**The task:**
From the line with "Both flags that" through the line with "a large write.", repeat the entries verbatim, both end lines included, and add nothing.

___

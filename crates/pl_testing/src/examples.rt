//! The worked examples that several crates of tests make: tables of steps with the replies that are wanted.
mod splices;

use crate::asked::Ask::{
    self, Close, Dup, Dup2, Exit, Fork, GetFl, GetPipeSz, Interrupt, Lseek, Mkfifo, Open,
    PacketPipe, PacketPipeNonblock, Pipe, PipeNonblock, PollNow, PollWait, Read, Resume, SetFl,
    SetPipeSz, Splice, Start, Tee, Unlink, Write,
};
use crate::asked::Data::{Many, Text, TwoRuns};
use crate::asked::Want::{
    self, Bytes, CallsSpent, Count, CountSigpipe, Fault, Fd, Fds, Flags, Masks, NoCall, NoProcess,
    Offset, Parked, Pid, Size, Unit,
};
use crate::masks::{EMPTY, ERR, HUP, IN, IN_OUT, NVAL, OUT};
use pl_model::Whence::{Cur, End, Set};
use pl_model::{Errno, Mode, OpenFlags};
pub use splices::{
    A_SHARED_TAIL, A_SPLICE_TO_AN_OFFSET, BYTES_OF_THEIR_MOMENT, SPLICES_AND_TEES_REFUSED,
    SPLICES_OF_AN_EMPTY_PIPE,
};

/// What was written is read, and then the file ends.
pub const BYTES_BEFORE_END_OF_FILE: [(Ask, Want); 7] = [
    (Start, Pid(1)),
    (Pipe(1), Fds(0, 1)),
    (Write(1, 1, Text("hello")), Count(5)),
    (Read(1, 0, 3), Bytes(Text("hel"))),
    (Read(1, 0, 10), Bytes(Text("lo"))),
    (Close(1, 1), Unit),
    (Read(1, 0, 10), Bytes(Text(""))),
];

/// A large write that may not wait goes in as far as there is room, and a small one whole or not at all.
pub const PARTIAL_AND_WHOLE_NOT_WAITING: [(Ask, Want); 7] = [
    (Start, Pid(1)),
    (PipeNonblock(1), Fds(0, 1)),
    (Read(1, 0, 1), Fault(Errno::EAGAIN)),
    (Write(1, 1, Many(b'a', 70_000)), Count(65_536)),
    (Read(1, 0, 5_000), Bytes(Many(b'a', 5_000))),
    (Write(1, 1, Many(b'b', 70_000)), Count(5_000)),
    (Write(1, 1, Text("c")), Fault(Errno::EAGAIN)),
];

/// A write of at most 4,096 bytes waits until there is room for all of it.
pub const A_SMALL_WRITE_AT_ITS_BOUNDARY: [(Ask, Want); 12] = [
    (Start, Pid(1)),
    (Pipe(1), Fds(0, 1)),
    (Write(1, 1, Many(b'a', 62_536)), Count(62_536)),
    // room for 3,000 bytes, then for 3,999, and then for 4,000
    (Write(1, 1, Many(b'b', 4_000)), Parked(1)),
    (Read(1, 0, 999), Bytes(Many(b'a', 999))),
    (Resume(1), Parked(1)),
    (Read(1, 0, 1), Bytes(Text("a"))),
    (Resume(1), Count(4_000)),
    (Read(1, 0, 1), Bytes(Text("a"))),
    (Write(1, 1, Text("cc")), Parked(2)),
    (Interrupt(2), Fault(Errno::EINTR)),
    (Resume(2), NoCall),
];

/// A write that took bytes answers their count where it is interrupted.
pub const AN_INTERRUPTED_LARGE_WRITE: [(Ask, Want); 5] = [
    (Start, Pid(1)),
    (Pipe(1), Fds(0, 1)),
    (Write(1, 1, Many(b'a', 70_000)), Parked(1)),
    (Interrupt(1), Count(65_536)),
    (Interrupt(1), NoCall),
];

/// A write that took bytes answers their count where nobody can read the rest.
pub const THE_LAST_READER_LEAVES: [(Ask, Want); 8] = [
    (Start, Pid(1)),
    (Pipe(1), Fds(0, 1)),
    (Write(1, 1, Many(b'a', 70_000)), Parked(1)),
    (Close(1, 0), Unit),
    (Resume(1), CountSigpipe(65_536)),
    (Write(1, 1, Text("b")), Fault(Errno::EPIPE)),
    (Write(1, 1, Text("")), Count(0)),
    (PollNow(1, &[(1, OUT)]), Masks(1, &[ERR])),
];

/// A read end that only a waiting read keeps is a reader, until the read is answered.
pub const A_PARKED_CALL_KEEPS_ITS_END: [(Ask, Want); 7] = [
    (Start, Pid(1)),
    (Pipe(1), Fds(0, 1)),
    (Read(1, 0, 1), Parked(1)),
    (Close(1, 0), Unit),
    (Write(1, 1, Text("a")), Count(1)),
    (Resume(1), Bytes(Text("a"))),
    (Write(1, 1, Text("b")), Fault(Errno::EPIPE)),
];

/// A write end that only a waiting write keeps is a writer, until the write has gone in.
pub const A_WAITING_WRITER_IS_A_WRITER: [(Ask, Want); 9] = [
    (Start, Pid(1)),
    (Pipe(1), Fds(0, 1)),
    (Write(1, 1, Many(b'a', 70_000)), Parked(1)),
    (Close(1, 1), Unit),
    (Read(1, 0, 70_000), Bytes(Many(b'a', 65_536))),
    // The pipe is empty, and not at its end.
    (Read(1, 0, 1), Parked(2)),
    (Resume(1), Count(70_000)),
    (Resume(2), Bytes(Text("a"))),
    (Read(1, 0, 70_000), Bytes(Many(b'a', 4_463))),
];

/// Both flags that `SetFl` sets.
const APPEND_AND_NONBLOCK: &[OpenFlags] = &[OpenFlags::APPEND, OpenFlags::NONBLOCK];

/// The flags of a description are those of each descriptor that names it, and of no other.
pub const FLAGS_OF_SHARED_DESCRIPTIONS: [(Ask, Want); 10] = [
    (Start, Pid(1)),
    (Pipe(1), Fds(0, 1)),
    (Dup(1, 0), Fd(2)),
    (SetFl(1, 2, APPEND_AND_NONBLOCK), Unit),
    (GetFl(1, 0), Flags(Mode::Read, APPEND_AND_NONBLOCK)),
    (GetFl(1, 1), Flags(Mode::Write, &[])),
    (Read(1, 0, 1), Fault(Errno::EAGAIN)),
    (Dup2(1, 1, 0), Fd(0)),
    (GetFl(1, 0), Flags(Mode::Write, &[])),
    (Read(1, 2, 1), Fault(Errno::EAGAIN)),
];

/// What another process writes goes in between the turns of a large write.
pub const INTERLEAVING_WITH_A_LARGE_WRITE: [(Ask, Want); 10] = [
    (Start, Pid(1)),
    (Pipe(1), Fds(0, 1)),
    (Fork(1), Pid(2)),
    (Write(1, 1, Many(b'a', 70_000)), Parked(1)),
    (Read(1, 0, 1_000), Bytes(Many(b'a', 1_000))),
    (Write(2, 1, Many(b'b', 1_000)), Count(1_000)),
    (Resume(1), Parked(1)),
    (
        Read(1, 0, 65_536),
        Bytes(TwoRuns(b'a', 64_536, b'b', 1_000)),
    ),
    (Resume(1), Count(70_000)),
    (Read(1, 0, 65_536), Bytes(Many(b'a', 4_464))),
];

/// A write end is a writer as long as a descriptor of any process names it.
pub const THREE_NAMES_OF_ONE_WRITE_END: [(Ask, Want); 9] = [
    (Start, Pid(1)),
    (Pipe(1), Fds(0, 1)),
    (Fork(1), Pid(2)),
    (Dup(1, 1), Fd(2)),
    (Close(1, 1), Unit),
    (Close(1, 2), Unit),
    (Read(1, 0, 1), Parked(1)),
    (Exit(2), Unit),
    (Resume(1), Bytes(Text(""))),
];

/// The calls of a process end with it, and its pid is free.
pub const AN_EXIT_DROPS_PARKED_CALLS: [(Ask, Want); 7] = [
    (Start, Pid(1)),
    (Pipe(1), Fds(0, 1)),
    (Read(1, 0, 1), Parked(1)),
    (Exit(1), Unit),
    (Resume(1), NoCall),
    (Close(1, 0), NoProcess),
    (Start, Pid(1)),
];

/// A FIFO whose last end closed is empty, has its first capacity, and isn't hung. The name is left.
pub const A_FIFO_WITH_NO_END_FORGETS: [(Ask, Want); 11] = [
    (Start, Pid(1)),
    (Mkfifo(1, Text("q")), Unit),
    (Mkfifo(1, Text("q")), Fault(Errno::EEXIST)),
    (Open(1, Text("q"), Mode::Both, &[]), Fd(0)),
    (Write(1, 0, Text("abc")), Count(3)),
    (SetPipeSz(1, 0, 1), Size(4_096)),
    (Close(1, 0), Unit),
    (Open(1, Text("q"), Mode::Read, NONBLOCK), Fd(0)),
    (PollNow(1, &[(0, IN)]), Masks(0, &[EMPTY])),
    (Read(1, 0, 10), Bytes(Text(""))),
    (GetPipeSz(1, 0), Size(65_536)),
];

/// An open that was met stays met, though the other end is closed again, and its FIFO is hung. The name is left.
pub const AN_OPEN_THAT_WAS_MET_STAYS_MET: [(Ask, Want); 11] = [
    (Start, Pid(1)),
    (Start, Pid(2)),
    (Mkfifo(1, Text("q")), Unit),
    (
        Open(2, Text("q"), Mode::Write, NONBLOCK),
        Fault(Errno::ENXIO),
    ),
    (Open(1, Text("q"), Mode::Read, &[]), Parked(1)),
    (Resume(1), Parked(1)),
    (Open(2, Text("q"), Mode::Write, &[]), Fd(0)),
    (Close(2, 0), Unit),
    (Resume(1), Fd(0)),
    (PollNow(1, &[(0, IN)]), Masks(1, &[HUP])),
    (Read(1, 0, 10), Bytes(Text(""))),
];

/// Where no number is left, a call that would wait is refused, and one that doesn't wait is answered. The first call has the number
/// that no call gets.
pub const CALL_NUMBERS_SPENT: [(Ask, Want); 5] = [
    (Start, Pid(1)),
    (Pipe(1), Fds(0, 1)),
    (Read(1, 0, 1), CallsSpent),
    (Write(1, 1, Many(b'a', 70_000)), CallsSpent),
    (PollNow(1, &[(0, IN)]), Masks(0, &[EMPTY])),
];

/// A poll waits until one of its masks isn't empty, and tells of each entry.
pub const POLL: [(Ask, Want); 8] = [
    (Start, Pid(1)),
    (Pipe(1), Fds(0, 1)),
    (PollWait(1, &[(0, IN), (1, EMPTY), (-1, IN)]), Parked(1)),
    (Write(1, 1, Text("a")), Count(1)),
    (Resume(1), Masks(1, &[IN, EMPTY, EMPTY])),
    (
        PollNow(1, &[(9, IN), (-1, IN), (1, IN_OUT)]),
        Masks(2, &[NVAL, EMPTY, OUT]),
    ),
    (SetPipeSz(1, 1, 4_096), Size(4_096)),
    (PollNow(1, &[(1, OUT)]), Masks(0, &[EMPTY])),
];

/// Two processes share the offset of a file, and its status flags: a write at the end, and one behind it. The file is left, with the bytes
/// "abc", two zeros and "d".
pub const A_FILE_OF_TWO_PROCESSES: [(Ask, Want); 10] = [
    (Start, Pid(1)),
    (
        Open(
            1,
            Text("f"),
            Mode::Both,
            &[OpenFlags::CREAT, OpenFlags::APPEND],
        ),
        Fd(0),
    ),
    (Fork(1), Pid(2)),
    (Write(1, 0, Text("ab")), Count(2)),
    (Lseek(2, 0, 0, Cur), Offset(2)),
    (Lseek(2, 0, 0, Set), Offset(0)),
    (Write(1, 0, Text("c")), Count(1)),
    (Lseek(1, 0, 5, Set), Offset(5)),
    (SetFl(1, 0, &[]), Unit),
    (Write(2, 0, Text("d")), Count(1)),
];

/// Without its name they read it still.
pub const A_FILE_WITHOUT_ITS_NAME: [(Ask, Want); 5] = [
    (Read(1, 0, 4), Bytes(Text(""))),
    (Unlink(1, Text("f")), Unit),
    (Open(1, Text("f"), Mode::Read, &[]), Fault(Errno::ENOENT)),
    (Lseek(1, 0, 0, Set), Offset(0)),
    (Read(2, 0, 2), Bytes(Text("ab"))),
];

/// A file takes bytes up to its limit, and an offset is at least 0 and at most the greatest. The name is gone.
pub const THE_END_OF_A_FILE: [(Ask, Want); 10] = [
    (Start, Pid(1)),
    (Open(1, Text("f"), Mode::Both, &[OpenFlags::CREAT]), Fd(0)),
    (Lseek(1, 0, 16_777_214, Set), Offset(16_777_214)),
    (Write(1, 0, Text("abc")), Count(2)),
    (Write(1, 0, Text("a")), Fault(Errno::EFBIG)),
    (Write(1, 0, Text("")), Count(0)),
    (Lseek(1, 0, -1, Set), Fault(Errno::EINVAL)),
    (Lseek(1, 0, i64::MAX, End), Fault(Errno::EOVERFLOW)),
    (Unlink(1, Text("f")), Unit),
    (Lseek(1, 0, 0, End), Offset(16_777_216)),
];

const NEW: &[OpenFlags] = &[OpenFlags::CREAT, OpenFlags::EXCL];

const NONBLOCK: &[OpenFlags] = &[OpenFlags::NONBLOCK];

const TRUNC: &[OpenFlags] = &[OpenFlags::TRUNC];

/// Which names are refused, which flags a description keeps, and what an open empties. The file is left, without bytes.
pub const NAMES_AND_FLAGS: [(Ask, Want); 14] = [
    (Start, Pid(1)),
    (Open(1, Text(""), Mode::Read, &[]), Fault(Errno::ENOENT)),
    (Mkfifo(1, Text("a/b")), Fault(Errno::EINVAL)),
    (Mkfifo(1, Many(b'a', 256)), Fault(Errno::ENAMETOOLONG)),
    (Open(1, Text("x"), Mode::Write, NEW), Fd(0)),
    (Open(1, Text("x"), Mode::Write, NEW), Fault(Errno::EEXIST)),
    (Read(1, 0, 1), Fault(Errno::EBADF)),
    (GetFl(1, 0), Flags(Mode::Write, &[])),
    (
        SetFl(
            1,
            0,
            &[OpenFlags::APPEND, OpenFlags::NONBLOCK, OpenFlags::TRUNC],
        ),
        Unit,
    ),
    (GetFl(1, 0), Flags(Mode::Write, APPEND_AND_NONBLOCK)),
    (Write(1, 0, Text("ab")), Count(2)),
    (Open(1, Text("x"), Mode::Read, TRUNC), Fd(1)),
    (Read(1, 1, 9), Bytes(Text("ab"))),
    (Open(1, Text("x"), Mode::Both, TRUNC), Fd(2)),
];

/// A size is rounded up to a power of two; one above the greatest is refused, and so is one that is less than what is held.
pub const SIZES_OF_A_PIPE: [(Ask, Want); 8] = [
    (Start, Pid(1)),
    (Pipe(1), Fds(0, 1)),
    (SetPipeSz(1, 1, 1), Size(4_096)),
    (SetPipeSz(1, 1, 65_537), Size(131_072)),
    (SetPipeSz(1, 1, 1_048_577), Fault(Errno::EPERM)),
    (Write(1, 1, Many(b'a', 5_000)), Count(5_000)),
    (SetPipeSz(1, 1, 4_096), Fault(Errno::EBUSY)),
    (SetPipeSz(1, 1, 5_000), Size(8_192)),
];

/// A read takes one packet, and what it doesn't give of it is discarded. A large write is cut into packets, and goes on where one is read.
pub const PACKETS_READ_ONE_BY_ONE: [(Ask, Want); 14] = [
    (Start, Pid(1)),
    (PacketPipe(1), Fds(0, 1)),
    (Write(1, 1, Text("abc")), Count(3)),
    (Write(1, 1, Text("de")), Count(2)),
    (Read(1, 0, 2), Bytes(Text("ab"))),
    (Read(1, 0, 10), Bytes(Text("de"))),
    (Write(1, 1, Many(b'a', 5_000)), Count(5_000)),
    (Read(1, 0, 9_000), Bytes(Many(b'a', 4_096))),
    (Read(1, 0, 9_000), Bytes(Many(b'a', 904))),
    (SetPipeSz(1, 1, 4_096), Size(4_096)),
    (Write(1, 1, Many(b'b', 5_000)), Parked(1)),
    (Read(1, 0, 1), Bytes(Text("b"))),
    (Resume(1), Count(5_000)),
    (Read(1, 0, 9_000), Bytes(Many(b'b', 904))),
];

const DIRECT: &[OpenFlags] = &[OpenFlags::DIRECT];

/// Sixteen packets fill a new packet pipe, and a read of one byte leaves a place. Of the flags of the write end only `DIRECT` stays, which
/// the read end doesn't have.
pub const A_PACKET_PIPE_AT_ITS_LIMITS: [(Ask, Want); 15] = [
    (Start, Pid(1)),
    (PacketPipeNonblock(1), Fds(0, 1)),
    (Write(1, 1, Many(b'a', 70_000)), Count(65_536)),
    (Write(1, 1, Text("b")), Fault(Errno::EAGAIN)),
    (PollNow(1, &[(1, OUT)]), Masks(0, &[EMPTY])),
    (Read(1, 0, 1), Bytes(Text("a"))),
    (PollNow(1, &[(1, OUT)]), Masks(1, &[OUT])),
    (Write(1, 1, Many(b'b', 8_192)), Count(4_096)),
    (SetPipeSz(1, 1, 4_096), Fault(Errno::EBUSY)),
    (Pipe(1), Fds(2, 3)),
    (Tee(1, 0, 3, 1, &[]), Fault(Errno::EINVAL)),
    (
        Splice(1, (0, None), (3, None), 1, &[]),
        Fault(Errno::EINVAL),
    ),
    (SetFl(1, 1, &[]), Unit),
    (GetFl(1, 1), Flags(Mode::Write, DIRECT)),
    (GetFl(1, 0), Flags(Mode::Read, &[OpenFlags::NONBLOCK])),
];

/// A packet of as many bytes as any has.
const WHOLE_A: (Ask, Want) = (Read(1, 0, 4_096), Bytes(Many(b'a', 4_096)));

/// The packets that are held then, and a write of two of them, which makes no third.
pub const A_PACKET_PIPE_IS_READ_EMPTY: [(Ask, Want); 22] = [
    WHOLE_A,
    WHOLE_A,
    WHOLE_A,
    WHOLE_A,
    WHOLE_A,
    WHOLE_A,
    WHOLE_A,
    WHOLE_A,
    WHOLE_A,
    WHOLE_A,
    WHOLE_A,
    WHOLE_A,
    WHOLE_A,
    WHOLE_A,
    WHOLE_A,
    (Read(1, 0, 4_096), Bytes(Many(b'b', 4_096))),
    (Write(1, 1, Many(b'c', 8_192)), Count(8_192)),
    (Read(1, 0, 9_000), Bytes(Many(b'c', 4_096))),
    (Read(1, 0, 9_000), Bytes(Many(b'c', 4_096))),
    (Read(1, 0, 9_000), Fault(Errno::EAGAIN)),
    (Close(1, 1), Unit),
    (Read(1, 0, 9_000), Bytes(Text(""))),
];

___

**The completed task:**
/// Both flags that `SetFl` sets.
const APPEND_AND_NONBLOCK: &[OpenFlags] = &[OpenFlags::APPEND, OpenFlags::NONBLOCK];

/// The flags of a description are those of each descriptor that names it, and of no other.
pub const FLAGS_OF_SHARED_DESCRIPTIONS: [(Ask, Want); 10] = [
    (Start, Pid(1)),
    (Pipe(1), Fds(0, 1)),
    (Dup(1, 0), Fd(2)),
    (SetFl(1, 2, APPEND_AND_NONBLOCK), Unit),
    (GetFl(1, 0), Flags(Mode::Read, APPEND_AND_NONBLOCK)),
    (GetFl(1, 1), Flags(Mode::Write, &[])),
    (Read(1, 0, 1), Fault(Errno::EAGAIN)),
    (Dup2(1, 1, 0), Fd(0)),
    (GetFl(1, 0), Flags(Mode::Write, &[])),
    (Read(1, 2, 1), Fault(Errno::EAGAIN)),
];

/// What another process writes goes in between the turns of a large write.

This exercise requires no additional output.